**Problem to work on:** Go through the records line by line and work out how many lines hold the word "where". Answer with the number only.

**Dataset records:**
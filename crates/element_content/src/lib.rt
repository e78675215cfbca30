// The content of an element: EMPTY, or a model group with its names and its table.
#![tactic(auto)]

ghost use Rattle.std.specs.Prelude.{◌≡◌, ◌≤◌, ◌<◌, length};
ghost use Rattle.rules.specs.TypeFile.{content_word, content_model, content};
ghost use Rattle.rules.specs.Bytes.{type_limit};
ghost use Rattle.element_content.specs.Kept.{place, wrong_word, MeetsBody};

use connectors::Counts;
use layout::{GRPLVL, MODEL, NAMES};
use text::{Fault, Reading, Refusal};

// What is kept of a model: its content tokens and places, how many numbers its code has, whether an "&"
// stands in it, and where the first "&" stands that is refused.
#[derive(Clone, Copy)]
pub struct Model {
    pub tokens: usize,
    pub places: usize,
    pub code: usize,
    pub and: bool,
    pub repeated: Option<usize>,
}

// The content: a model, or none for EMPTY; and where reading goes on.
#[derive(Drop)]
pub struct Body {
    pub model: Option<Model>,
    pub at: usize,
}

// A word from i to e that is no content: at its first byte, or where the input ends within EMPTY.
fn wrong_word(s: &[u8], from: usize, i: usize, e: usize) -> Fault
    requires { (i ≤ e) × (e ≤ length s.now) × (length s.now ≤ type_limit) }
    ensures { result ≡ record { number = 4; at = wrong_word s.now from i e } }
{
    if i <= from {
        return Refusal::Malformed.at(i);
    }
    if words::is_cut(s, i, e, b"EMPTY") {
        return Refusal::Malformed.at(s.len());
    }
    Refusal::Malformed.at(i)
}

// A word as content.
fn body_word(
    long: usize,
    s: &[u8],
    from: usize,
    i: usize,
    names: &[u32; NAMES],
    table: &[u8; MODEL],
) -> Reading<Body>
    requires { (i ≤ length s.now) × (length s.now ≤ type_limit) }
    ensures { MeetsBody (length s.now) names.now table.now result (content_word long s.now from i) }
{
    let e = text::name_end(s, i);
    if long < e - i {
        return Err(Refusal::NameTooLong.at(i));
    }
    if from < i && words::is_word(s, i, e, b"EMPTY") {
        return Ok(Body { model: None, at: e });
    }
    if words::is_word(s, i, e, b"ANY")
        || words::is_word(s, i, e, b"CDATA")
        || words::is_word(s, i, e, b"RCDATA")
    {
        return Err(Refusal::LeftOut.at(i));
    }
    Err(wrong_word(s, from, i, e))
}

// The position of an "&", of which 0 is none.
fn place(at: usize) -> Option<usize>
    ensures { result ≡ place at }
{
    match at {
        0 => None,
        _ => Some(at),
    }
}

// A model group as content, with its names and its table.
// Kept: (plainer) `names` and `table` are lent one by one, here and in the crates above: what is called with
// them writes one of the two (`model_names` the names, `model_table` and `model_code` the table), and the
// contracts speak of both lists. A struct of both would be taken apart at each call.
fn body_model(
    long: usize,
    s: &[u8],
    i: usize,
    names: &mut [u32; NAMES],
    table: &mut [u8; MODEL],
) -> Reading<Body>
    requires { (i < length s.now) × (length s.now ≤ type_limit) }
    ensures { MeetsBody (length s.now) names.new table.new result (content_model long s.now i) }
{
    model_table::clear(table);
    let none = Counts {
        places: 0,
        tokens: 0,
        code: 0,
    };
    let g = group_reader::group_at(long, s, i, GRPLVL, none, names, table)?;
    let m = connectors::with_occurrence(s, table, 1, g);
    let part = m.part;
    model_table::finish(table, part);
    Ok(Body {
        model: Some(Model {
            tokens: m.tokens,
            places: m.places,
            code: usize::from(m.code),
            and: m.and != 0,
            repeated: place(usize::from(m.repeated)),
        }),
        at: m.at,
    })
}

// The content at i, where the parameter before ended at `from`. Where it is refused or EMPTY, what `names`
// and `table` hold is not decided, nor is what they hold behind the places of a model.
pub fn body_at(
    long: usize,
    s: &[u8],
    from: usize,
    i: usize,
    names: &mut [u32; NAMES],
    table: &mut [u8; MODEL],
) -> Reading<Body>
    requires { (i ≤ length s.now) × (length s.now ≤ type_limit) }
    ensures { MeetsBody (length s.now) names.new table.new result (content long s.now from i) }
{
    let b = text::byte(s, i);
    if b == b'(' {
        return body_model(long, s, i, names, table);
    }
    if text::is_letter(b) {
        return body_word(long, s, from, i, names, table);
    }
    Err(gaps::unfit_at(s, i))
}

**Solution to this problem:** 4